■ **DESCRIPTION OF THE TASK**: What is the number of lines in this listing that include "return"? Answer with that number only.

■ **DATA TO PROCESS**:
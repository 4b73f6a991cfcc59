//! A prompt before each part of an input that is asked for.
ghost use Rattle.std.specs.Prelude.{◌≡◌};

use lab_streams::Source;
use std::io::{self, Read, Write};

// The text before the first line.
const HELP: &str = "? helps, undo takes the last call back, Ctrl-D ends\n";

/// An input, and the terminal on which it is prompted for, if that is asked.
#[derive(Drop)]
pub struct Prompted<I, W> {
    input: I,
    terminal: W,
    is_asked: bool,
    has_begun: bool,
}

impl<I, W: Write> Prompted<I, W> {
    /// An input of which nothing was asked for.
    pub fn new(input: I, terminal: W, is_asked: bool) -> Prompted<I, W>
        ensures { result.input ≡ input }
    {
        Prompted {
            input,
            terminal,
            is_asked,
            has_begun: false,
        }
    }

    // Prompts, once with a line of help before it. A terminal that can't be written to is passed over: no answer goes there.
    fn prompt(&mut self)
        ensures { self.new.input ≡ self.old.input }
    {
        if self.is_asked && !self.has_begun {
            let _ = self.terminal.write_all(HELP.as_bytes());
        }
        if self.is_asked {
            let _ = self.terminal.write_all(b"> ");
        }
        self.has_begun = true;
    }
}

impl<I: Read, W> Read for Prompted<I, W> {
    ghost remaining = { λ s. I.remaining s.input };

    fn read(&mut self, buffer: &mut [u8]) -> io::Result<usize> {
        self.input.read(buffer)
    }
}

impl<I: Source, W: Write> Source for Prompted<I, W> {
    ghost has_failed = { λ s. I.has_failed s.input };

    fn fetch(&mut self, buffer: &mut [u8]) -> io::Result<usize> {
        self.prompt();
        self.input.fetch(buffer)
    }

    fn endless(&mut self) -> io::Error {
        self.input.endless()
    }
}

...

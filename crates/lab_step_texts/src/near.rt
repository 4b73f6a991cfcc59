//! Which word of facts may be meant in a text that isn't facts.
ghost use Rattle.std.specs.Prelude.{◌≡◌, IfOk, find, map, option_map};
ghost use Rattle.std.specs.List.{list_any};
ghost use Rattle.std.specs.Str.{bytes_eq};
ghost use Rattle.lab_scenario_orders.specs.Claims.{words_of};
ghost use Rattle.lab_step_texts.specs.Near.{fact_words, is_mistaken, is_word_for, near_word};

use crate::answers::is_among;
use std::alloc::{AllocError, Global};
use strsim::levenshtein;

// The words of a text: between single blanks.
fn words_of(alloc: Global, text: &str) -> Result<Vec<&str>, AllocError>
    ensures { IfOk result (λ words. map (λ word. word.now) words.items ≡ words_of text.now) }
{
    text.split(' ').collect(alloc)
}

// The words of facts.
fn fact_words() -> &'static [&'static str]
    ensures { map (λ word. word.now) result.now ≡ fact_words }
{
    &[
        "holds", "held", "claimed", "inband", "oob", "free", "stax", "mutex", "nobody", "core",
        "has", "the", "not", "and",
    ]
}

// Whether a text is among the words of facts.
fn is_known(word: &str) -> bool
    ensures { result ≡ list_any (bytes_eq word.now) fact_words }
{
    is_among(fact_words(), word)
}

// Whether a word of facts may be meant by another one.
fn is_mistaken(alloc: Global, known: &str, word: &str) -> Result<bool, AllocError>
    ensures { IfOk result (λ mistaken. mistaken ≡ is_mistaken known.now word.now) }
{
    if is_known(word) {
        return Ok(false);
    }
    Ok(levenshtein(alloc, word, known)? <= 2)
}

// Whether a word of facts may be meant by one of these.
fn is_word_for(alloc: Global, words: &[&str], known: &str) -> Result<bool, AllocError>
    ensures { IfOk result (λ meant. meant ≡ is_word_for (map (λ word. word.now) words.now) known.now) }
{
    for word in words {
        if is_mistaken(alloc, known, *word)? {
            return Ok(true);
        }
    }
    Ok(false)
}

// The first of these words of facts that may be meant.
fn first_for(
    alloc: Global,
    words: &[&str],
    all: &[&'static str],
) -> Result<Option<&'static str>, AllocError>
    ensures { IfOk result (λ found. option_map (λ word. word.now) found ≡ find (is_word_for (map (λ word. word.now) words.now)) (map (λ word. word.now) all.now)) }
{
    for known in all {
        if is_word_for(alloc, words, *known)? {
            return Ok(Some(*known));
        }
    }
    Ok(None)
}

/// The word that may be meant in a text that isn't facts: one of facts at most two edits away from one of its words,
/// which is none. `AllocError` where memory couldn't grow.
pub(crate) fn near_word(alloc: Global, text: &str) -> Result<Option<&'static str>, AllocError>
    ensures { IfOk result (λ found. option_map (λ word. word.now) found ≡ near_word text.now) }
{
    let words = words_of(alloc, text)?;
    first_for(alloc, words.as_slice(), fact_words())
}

■ **YOUR SOLUTION**: 3